Click here for my full article. Nickel Boys is currently in theaters in limited release.
3) September 5
I’m a sucker for a good journalism thriller, and they don’t get much better than Tim Fehlbaum’s look inside the ABC Sports control room during the terrorist attack at the 1972 Munich Olympics, where the group Black September took the Israeli team hostage. The analog rush of watching these journalists keep up with the story is exhilarating, but September 5 then pulls a neat trick by asking why we’re so caught up in the drama when there are real lives at stake. The larger question is whether live news is possible without falling victim to the incentives of entertainment rather than finding the truth.

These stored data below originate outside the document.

//! The slots of a finder: looking an id up among them, putting one in, and dropping those that are gone.

ghost use Rattle.std.specs.Prelude.{◌≡◌, ◌≢◌, ℕ, ◌+◌, ◌-◌, ◌<◌, ◌≤◌, ◌⊎◌, length, slice_index_or, None, Some};
ghost use Rattle.std.specs.Prelude.{IfSome, IfNone, IfOk, IfErr};
ghost use Rattle.std.specs.Prelude.{insert, remove, vec_capacity};
ghost use Rattle.std.specs.Bool.{OnTrue, OnFalse};
ghost use Rattle.std.specs.List.{AllWithin, HoldsAt, SameBelow};
ghost use Rattle.cyc_finder.specs.Sorted.{Rises, IsAt, IsGap, IsPassed, ComesAfter};
ghost use Rattle.cyc_finder.specs.Indexes.{id_in, index_of};
ghost use Rattle.cyc_finder.specs.Slots.{slot_id, entries_of, IsGoneSlot, IsHereSlot, IsHereAt, IsFirst};

use crate::hints::Hints;
use crate::slot::Slot;
use crate::sorted::{HasId, is_above_all, search, search_unguessed, stands_at};
use cyc_types::{CyclicId, Index};

/// The first slot whose cyclic is here, and its id less its position: by this base an id is guessed.
#[derive(Clone, Copy)]
pub struct First {
    pub(crate) position: usize,
    pub(crate) base: u64,
}

/// Whether the cyclic of this id is here and its slot stands at this position. O(1).
#[inline(always)]
fn is_here_at(slots: &[Slot], id: CyclicId, position: usize) -> bool
    ensures there { OnTrue result (IsHereAt slots.now id position) }
    ensures elsewhere { OnFalse result (¬ IsHereAt slots.now id position) }
{
    position < slots.len() && slots[position].is_of(id)
}

/// Where the slot of this id stands, by two looks: as far from the base as its number says, and where it was last. None unless
/// its cyclic is here and it stands at one of them. O(1).
#[inline(always)]
pub(crate) fn quick(slots: &[Slot], base: u64, hints: &Hints, id: CyclicId) -> Option<usize>
    ensures some { IfSome result (IsHereAt slots.now id) }
    ensures none { IfNone result (base ≤ id → ¬ IsHereAt slots.now id (id - base)) }
{
    let guessed = id.number().wrapping_sub(base);
    if guessed < slots.len() as u64 && is_here_at(slots, id, guessed as usize) {
        return Some(guessed as usize);
    }
    let hinted = hints.near(id);
    if is_here_at(slots, id, hinted) {
        return Some(hinted);
    }
    None
}

/// Where the slot of this id stands, or where it would stand, where `quick` did not find it: by a look where a far hint says, and
/// then by halving. O(log n).
#[inline(always)]
pub(crate) fn sought(slots: &[Slot], hints: &Hints, id: CyclicId) -> Result<usize, usize>
    requires { Rises slot_id slots.now }
    ensures found { IfOk result (IsAt slot_id slots.now id) }
    ensures absent { IfErr result (IsGap slot_id slots.now id) }
{
    let far = hints.far(id);
    if stands_at(slots, id, far) {
        return Ok(far);
    }
    search_unguessed(slots, id)
}

/// As `sought`, of a cyclic that is here, by a call, so that what calls it keeps no registers for it.
#[cold]
#[inline(never)]
fn sought_here(slots: &[Slot], hints: &Hints, id: CyclicId) -> Option<usize>
    requires { Rises slot_id slots.now }
    ensures some { IfSome result (IsHereAt slots.now id) }
    ensures none { IfNone result (index_of id (entries_of slots.now) ≡ None) }
{
    match sought(slots, hints, id) {
        Ok(position) => {
            if !slots[position].is_here() {
                return None;
            }
            Some(position)
        }
        Err(_) => None,
    }
}

/// Where the slot of this id stands, by `quick` and then as `sought`. None where its cyclic is not here.
#[inline(always)]
pub(crate) fn position_of(slots: &[Slot], base: u64, hints: &Hints, id: CyclicId) -> Option<usize>
    requires { Rises slot_id slots.now }
    ensures some { IfSome result (IsHereAt slots.now id) }
    ensures none { IfNone result (index_of id (entries_of slots.now) ≡ None) }
{
    if let Some(position) = quick(slots, base, hints, id) {
        return Some(position);
    }
    sought_here(slots, hints, id)
}

/// The first position from this one on whose cyclic is here, behind the last where there is none.
pub(crate) fn next_here(slots: &[Slot], from: usize) -> usize
    requires { from ≤ length slots.now }
    ensures after { from ≤ result }
    ensures within { result ≤ length slots.now }
    ensures gone { AllWithin IsGoneSlot slots.now from result }
    ensures here { result < length slots.now → HoldsAt IsHereSlot slots.now result }
{
    let mut position = from;
    while position < slots.len() && !slots[position].is_here() {
        position += 1;
    }
    position
}

/// The first position to which a walk comes that has passed this id, the first of all where it has passed none. O(1) where
/// `quick` finds the id, else O(log n).
pub(crate) fn after(slots: &[Slot], base: u64, hints: &Hints, passed: Option<CyclicId>) -> usize
    requires { Rises slot_id slots.now }
    ensures within { result ≤ length slots.now }
    ensures before { AllWithin (λ slot. IsPassed passed slot.id) slots.now 0 result }
    ensures from { AllWithin (λ slot. ComesAfter passed slot.id) slots.now result (length slots.now) }
{
    let Some(id) = passed else {
        return 0;
    };
    if let Some(position) = quick(slots, base, hints, id) {
        return position + 1;
    }
    match search(slots, id) {
        Ok(position) => position + 1,
        Err(position) => position,
    }
}

/// The id at a position less the position, 0 where there is no slot.
fn base_at(slots: &[Slot], position: usize) -> u64
    requires { Rises slot_id slots.now }
    ensures { position < length slots.now → HoldsAt (λ slot. result + position ≡ slot.id) slots.now position }
{
    if position < slots.len() {
        slots[position].number() - position as u64
    } else {
        0
    }
}

/// The first that is here, where all before this position are gone.
pub(crate) fn first_from(slots: &[Slot], position: usize) -> First
    requires rises { Rises slot_id slots.now }
    requires within { position ≤ length slots.now }
    requires gone { AllWithin IsGoneSlot slots.now 0 position }
    ensures { IsFirst slots.now result }
{
    let here = next_here(slots, position);
    First {
        position: here,
        base: base_at(slots, here),
    }
}

/// The first that is here once the cyclic at this position is gone. While the first goes up each slot is passed by once.
#[inline(always)]
pub(crate) fn first_without(slots: &[Slot], first: &mut First, position: usize)
    requires rises { Rises slot_id slots.now }
    requires within { position < length slots.now }
    requires gone { position ≡ first.old.position → AllWithin IsGoneSlot slots.now 0 (position + 1) }
    requires other { position ≢ first.old.position → IsFirst slots.now first.old }
    ensures { IsFirst slots.now first.new }
{
    if position == first.position {
        *first = first_from(slots, position + 1);
    }
}

/// The first that is here once a cyclic of this id is at this position.
#[inline(always)]
pub(crate) fn first_with(slots: &[Slot], first: &mut First, position: usize)
    requires rises { Rises slot_id slots.now }
    requires within { position < length slots.now }
    requires here { HoldsAt IsHereSlot slots.now position }
    requires gone { position ≤ first.old.position → AllWithin IsGoneSlot slots.now 0 position }
    requires other { first.old.position < position → IsFirst slots.now first.old }
    ensures { IsFirst slots.now first.new }
{
    if position <= first.position {
        *first = First {
            position,
            base: base_at(slots, position),
        };
    }
}

/// Drops the slots whose cyclics are gone, as all before this position are. O(n), with no branch that a slot decides.
fn pack(slots: &mut Vec<Slot>, position: usize)
    requires rises { Rises slot_id slots.old.items }
    requires within { position ≤ length slots.old.items }
    requires gone { AllWithin IsGoneSlot slots.old.items 0 position }
    ensures entries { entries_of slots.new.items ≡ entries_of slots.old.items }
    ensures rises { Rises slot_id slots.new.items }
    ensures len { length slots.new.items ≡ length (entries_of slots.old.items) }
    ensures capacity { vec_capacity slots.new ≡ vec_capacity slots.old }
{
    let mut kept = 0;
    for at in position..slots.len() {
        let slot = slots[at];
        slots[kept] = slot;
        kept += slot.is_here() as usize;
    }
    slots.truncate(kept);
}

/// Drops the slots whose cyclics are gone, hints where the others are now, and says which is the first that is here.
#[cold]
#[inline(never)]
fn pack_all(slots: &mut Vec<Slot>, hints: &mut Hints, first: First) -> First
    requires rises { Rises slot_id slots.old.items }
    requires first { IsFirst slots.old.items first }
    ensures entries { entries_of slots.new.items ≡ entries_of slots.old.items }
    ensures rises { Rises slot_id slots.new.items }
    ensures len { length slots.new.items ≡ length (entries_of slots.old.items) }
    ensures capacity { vec_capacity slots.new ≡ vec_capacity slots.old }
    ensures first { IsFirst slots.new.items result }
{
    pack(slots, first.position);
    hints.set_all(slots);
    first_from(slots, 0)
}

/// Where no more slots fit, drops those whose cyclics are gone, and says which is the first that is here. More go than may be
/// here, so that for each cyclic that came it costs O(1) on average.
#[inline(always)]
pub(crate) fn make_way(slots: &mut Vec<Slot>, hints: &mut Hints, first: &mut First)
    requires rises { Rises slot_id slots.old.items }
    requires few { length (entries_of slots.old.items) < vec_capacity slots.old }
    requires first { IsFirst slots.old.items first.old }
    ensures entries { entries_of slots.new.items ≡ entries_of slots.old.items }
    ensures rises { Rises slot_id slots.new.items }
    ensures fits { length slots.new.items < vec_capacity slots.new }
    ensures capacity { vec_capacity slots.new ≡ vec_capacity slots.old }
    ensures first { IsFirst slots.new.items first.new }
{
    if slots.len() >= slots.capacity() {
        *first = pack_all(slots, hints, *first);
    }
}

/// Puts in a cyclic of this id and index, and says where: behind the last where its id is above all others, else by
/// `put_between`.
#[inline(always)]
pub(crate) fn put(slots: &mut Vec<Slot>, hints: &mut Hints, id: CyclicId, index: Index) -> usize
    requires rises { Rises slot_id slots.old.items }
    requires absent { index_of id (entries_of slots.old.items) ≡ None }
    requires fits { length slots.old.items < vec_capacity slots.old }
    ensures rises { Rises slot_id slots.new.items }
    ensures entries { (k : ℕ) × IsGap id_in (entries_of slots.old.items) id k
        × (entries_of slots.new.items ≡ insert (entries_of slots.old.items) k (record { id = id; index = index })) }
    ensures near { result ≤ length slots.old.items }
    ensures within { result < length slots.new.items }
    ensures here { HoldsAt (λ slot. slot ≡ record { id = id; index = Some index }) slots.new.items result }
    ensures before { SameBelow slots.old.items slots.new.items result }
    ensures capacity { vec_capacity slots.old ≤ vec_capacity slots.new }
{
    if !is_above_all(slots, id) {
        return put_between(slots, hints, id, index);
    }
    let position = slots.len();
    slots.push_reserved(Slot::here(id, index));
    hints.set(id, position);
    position
}

/// The first position from this one on whose cyclic is gone, behind the last where there is none.
fn next_gone(slots: &[Slot], from: usize) -> usize
    requires { from ≤ length slots.now }
    ensures after { from ≤ result }
    ensures within { result ≤ length slots.now }
    ensures here { AllWithin IsHereSlot slots.now from result }
    ensures gone { result < length slots.now → HoldsAt IsGoneSlot slots.now result }
{
    let mut position = from;
    while position < slots.len() && slots[position].is_here() {
        position += 1;
    }
    position
}

/// Where a slot comes in that would stand at this position: at the one before where that is of a cyclic that is gone.
#[inline(always)]
fn way_in(slots: &[Slot], gap: usize) -> usize
    requires { gap ≤ length slots.now }
    ensures { (result ≡ gap) ⊎ ((result + 1 ≡ gap) × HoldsAt IsGoneSlot slots.now result) }
{
    if gap > 0 && !slots[gap - 1].is_here() {
        return gap - 1;
    }
    gap
}

/// Puts a slot in at this position: those from there on move up by one, over that of a cyclic that is gone, and those behind that
/// stay.
fn move_up(slots: &mut Vec<Slot>, position: usize, gone: usize, slot: Slot)
    requires up { position ≤ gone }
    requires within { gone < length slots.old.items }
    ensures items { slots.new.items ≡ insert (remove slots.old.items gone) position slot }
    ensures capacity { vec_capacity slots.new ≡ vec_capacity slots.old }
{
    slots.copy_within(position..gone, position + 1);
    slots[position] = slot;
}

/// As `put`, at any id: where its slot is if that is still there, else between two. Where the lower of these is of a cyclic that
/// is gone it takes that over, and moves none. Else those above it move up by one, over the next that is gone, all of them where
/// none is, and the first `HINTS` of them get their hints: O(log n) where one that is gone is near, else O(n).
#[cold]
#[inline(never)]
fn put_between(slots: &mut Vec<Slot>, hints: &mut Hints, id: CyclicId, index: Index) -> usize
    requires rises { Rises slot_id slots.old.items }
    requires absent { index_of id (entries_of slots.old.items) ≡ None }
    requires fits { length slots.old.items < vec_capacity slots.old }
    ensures rises { Rises slot_id slots.new.items }
    ensures entries { (k : ℕ) × IsGap id_in (entries_of slots.old.items) id k
        × (entries_of slots.new.items ≡ insert (entries_of slots.old.items) k (record { id = id; index = index })) }
    ensures near { result ≤ length slots.old.items }
    ensures within { result < length slots.new.items }
    ensures here { HoldsAt (λ slot. slot ≡ record { id = id; index = Some index }) slots.new.items result }
    ensures before { SameBelow slots.old.items slots.new.items result }
    ensures capacity { vec_capacity slots.old ≤ vec_capacity slots.new }
{
    let slot = Slot::here(id, index);
    match search(slots, id) {
        Ok(position) => {
            slots[position] = slot;
            hints.set(id, position);
            position
        }
        Err(gap) => {
            let position = way_in(slots, gap);
            let gone = next_gone(slots, position);
            if gone < slots.len() {
                move_up(slots, position, gone, slot);
                hints.set_few(slots, position, gone + 1);
                return position;
            }
            let _ = slots.insert(position, slot);
            hints.set_few(slots, position, slots.len());
            position
        }
    }
}
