//! A slot of a finder.

ghost use Rattle.std.specs.Prelude.{◌≡◌, ◌≢◌, Some, None, is_some};
ghost use Rattle.std.specs.Bool.{OnTrue, OnFalse};
ghost use Rattle.cyc_finder.specs.Slots.{IsHereOf};

use crate::sorted::HasId;
use cyc_types::{CyclicId, Index};
use std::marker::Model;

/// A cyclic that came: with its index while it is here, with none once it is gone.
///
/// Its key is twice its id, and one more once it is gone. So keys rise as ids do, and one comparison tells whether the cyclic of
/// an id is here.
#[derive(Clone, Copy)]
pub struct Slot {
    key: u64,
    index: Index,
}

impl Model for Slot {
    ghost use Rattle.std.specs.Prelude.{◌≡◌, ◌*◌, ◌+◌, ◌/◌, ◌%◌, ◌≤◌};
    ghost use Rattle.cyc_types.specs.Limits.{last_id};
    ghost use Rattle.cyc_finder.specs.Slots.{SlotView};
    ghost use Rattle.cyc_finder.specs.Keys.{index_by_key, key_by_index, index_or_0};

    ghost Value = { SlotView };

    ghost view = { λ slot. record { id = slot.key / 2; index = index_by_key slot.key slot.index } };

    ghost invariant = { λ slot. (2 ≤ slot.key) × (slot.key ≤ 2 * last_id + 1) × (slot.key % 2 ≡ 1 → slot.index ≡ 0) };

    ghost inverse = { λ v. record { key = key_by_index v.id v.index; index = index_or_0 v.index } };
}

impl HasId for Slot {
    ghost id_of = { λ slot. slot.id };

    #[inline(always)]
    fn number(&self) -> u64 {
        self.key / 2
    }

    #[inline(always)]
    fn is_up_to(&self, id: CyclicId) -> bool {
        self.key <= 2 * id.number() + 1
    }
}

impl Slot {
    /// That of a cyclic that is here.
    #[inline(always)]
    pub(crate) fn here(id: CyclicId, index: Index) -> Slot
        ensures { result ≡ record { id = id; index = Some index } }
    {
        Slot {
            key: 2 * id.number(),
            index,
        }
    }

    /// That of one that is gone.
    #[inline(always)]
    pub(crate) fn gone(id: CyclicId) -> Slot
        ensures { result ≡ record { id = id; index = None } }
    {
        Slot {
            key: 2 * id.number() + 1,
            index: Index::new(0).unwrap(),
        }
    }

    /// Its id.
    #[inline(always)]
    pub(crate) fn id(self) -> CyclicId
        ensures { result ≡ self.id }
    {
        CyclicId::from_valid(self.key / 2)
    }

    /// Whether its cyclic is here.
    #[inline(always)]
    pub(crate) fn is_here(self) -> bool
        ensures { result ≡ is_some self.index }
    {
        self.key % 2 == 0
    }

    /// Whether its cyclic is here and has this id.
    #[inline(always)]
    pub(crate) fn is_of(self, id: CyclicId) -> bool
        ensures there { OnTrue result (IsHereOf id self) }
        ensures elsewhere { OnFalse result (¬ IsHereOf id self) }
    {
        self.key == 2 * id.number()
    }

    /// The index of a cyclic that is here.
    #[inline(always)]
    pub(crate) fn index_here(self) -> Index
        requires { self.index ≢ None }
        ensures { self.index ≡ Some result }
    {
        self.index
    }

    /// Its index. None once it is gone.
    #[inline(always)]
    pub(crate) fn index(self) -> Option<Index>
        ensures { result ≡ self.index }
    {
        if self.is_here() {
            return Some(self.index);
        }
        None
    }
}
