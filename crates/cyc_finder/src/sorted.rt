//! The look-up by id among things by rising id.

ghost use Rattle.std.specs.Prelude.{◌≡◌, ℕ, ◌-◌, ◌<◌, ◌≤◌, ◌↔◌, length, Some, IfOk, IfErr, IfSome, IfNone};
ghost use Rattle.std.specs.Bool.{IsTrue, OnTrue, OnFalse};
ghost use Rattle.std.specs.List.{slice_get};
ghost use Rattle.cyc_finder.specs.Sorted.{Rises, IsAt, IsGap};
ghost use Rattle.cyc_finder.specs.Halving.{IsIn};

use crate::halving::{Run, halve_few, narrow_many};
use cyc_types::CyclicId;

/// A thing that has the id of a cyclic.
pub trait HasId {
    ghost id_of: { Self → ℕ };

    /// The number of its id, which never changes.
    fn number(&self) -> u64
        ensures { result ≡ id_of self.now };

    /// Whether its id is at most this one.
    fn is_up_to(&self, id: CyclicId) -> bool
        ensures { IsTrue result ↔ (id_of self.now ≤ id) };
}

/// The most things among which a look-up halves in a loop.
const FEW: usize = 32;

/// How far from the first thing that of this id stands if no id between the two is left out. Of a smaller id than the first this
/// says nothing.
#[inline(always)]
fn distance<T: HasId>(things: &[T], id: CyclicId) -> u64
    requires { 0 < length things.now }
    ensures { (first : T) → slice_get things.now 0 ≡ Some first → T.id_of first ≤ id → result ≡ id - T.id_of first }
{
    id.number().wrapping_sub(things[0].number())
}

/// Whether the thing of this id stands at this position. O(1).
#[inline(always)]
pub fn stands_at<T: HasId>(things: &[T], id: CyclicId, position: usize) -> bool
    ensures there { OnTrue result (IsAt T.id_of things.now id position) }
    ensures elsewhere { OnFalse result (¬ IsAt T.id_of things.now id position) }
{
    position < things.len() && things[position].number() == id.number()
}

/// Where the thing of this id stands, by one look, as far from the first as the id is from its id: None unless it stands there.
/// O(1).
#[inline(always)]
pub fn guess<T: HasId>(things: &[T], id: CyclicId) -> Option<usize>
    ensures some { IfSome result (IsAt T.id_of things.now id) }
    ensures none { IfNone result ((first : T) → slice_get things.now 0 ≡ Some first → T.id_of first ≤ id
        → ¬ IsAt T.id_of things.now id (id - T.id_of first)) }
{
    if things.is_empty() {
        return None;
    }
    let guessed = distance(things, id);
    if guessed < things.len() as u64 && stands_at(things, id, guessed as usize) {
        return Some(guessed as usize);
    }
    None
}

/// Where the thing of this id stands, or where it would stand, by halving. O(log n), and takes no memory (our own; the kernel
/// names a cyclic by its address). Ids mostly rise by one, so the first look mostly answers where none was taken out.
#[inline(always)]
pub fn search<T: HasId>(things: &[T], id: CyclicId) -> Result<usize, usize>
    requires { Rises T.id_of things.now }
    ensures found { IfOk result (IsAt T.id_of things.now id) }
    ensures absent { IfErr result (IsGap T.id_of things.now id) }
{
    if let Some(guessed) = guess(things, id) {
        return Ok(guessed);
    }
    search_unguessed(things, id)
}

/// Whether the id is above those of all things, as that of a new one mostly is. O(1).
#[inline(always)]
pub(crate) fn is_above_all<T: HasId>(things: &[T], id: CyclicId) -> bool
    requires { Rises T.id_of things.now }
    ensures { OnTrue result (IsGap T.id_of things.now id (length things.now)) }
{
    match things.last() {
        Some(last) => last.number() < id.number(),
        None => true,
    }
}

/// As `search`, with a look at the last thing first: O(1) where the id is above all others, as that of a new thing mostly is.
#[inline(always)]
pub fn search_new<T: HasId>(things: &[T], id: CyclicId) -> Result<usize, usize>
    requires { Rises T.id_of things.now }
    ensures found { IfOk result (IsAt T.id_of things.now id) }
    ensures absent { IfErr result (IsGap T.id_of things.now id) }
{
    if !is_above_all(things, id) {
        return search(things, id);
    }
    Err(things.len())
}

/// As `search`, where the thing is known not to stand where it is guessed: it isn't looked for there first.
#[inline(always)]
pub fn search_unguessed<T: HasId>(things: &[T], id: CyclicId) -> Result<usize, usize>
    requires { Rises T.id_of things.now }
    ensures found { IfOk result (IsAt T.id_of things.now id) }
    ensures absent { IfErr result (IsGap T.id_of things.now id) }
{
    if things.is_empty() {
        return Err(0);
    }
    if things.len() > FEW {
        return search_many(things, id);
    }
    let whole = Run {
        base: 0,
        size: things.len(),
    };
    settled(things, id, halve_few(things, id, whole))
}

/// What a look-up says that has come to one thing: this has the id, or the id would stand beside it.
#[inline(always)]
fn settled<T: HasId>(things: &[T], id: CyclicId, run: Run) -> Result<usize, usize>
    requires here { IsIn T.id_of things.now id run.base run.size }
    requires one { run.size ≤ 1 }
    ensures found { IfOk result (IsAt T.id_of things.now id) }
    ensures absent { IfErr result (IsGap T.id_of things.now id) }
{
    let there = things[run.base].number();
    if there == id.number() {
        return Ok(run.base);
    }
    Err(run.base + usize::from(there < id.number()))
}

/// As `search`, among many, with no guess. It is called where the guess was wrong, so that what calls `search` keeps no registers
/// for it.
#[cold]
#[inline(never)]
fn search_many<T: HasId>(things: &[T], id: CyclicId) -> Result<usize, usize>
    requires some { 0 < length things.now }
    requires rises { Rises T.id_of things.now }
    ensures found { IfOk result (IsAt T.id_of things.now id) }
    ensures absent { IfErr result (IsGap T.id_of things.now id) }
{
    let whole = Run {
        base: 0,
        size: things.len(),
    };
    settled(things, id, narrow_many(things, id, whole))
}

/// As `search`, where a hint was wrong, which mostly is right: out of its way.
#[cold]
#[inline(never)]
fn search_anew<T: HasId>(things: &[T], id: CyclicId) -> Result<usize, usize>
    requires { Rises T.id_of things.now }
    ensures found { IfOk result (IsAt T.id_of things.now id) }
    ensures absent { IfErr result (IsGap T.id_of things.now id) }
{
    search(things, id)
}

/// As `search`, with a look at the hinted position first: right whatever the hint is, and O(1) where the thing stands there.
#[inline(always)]
pub fn search_near<T: HasId>(things: &[T], id: CyclicId, hint: usize) -> Result<usize, usize>
    requires { Rises T.id_of things.now }
    ensures found { IfOk result (IsAt T.id_of things.now id) }
    ensures absent { IfErr result (IsGap T.id_of things.now id) }
{
    if stands_at(things, id, hint) {
        return Ok(hint);
    }
    search_anew(things, id)
}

Click here for my full article. September 5 is currently in theaters in limited release.
2) Challengers
The most fun I’ve had all year at the movies is Luca Guadagnino’s Challengers, and I don’t even care about tennis. Thankfully, the sport is more of a backdrop to an electrifying love triangle between three people who can’t stand to lose. The way Guadagnino bounces us around like a tennis ball between years and character perspectives can be dizzying, but we’re never lost, and we’re always eager for the next serve. Beautifully constructed with three fantastic lead performances coupled with the best score of the year makes Challengers a film I’m eager to revisit even if I don’t plan on watching the U.S. Open anytime soon.
Click here for my full article. Challengers is now available on Blu-ray and VOD and to stream on Prime Video.
1) Ghostlight
One of the things I love about art is that it is not only transformative, but it can be restorative. When we participate in it, as creators or as viewers, we open ourselves up to change and perhaps to change for the better. At a time when we feel further apart due to technological and social forces, Kelly O’Sullivan and Alex Thompson’s film shows what can happen if we open ourselves up only a little. If we decide to pursue something creative, something that scares us, something that makes us vulnerable, then we might actually start to heal in the broken places and become stronger than we thought possible. Relying on the real family of Keith Kupferer, Katherine Mallen Kupferer, and Tara Mallen to tell the story of a family reeling from loss and finding solace in community theater, Ghostlight is a potent reminder that filmmaking, acting, and storytelling are not pieces of “content.” They are magic.
Click here for my full article about the film. Ghostlight is now available on VOD and streaming on AMC+.
Honorable Mentions (in alphabetical order): Conclave, Dune: Part Two, Furiosa: A Mad Max Saga, No Other Land, Nosferatu
If you want to see Brutalist again, I’m in.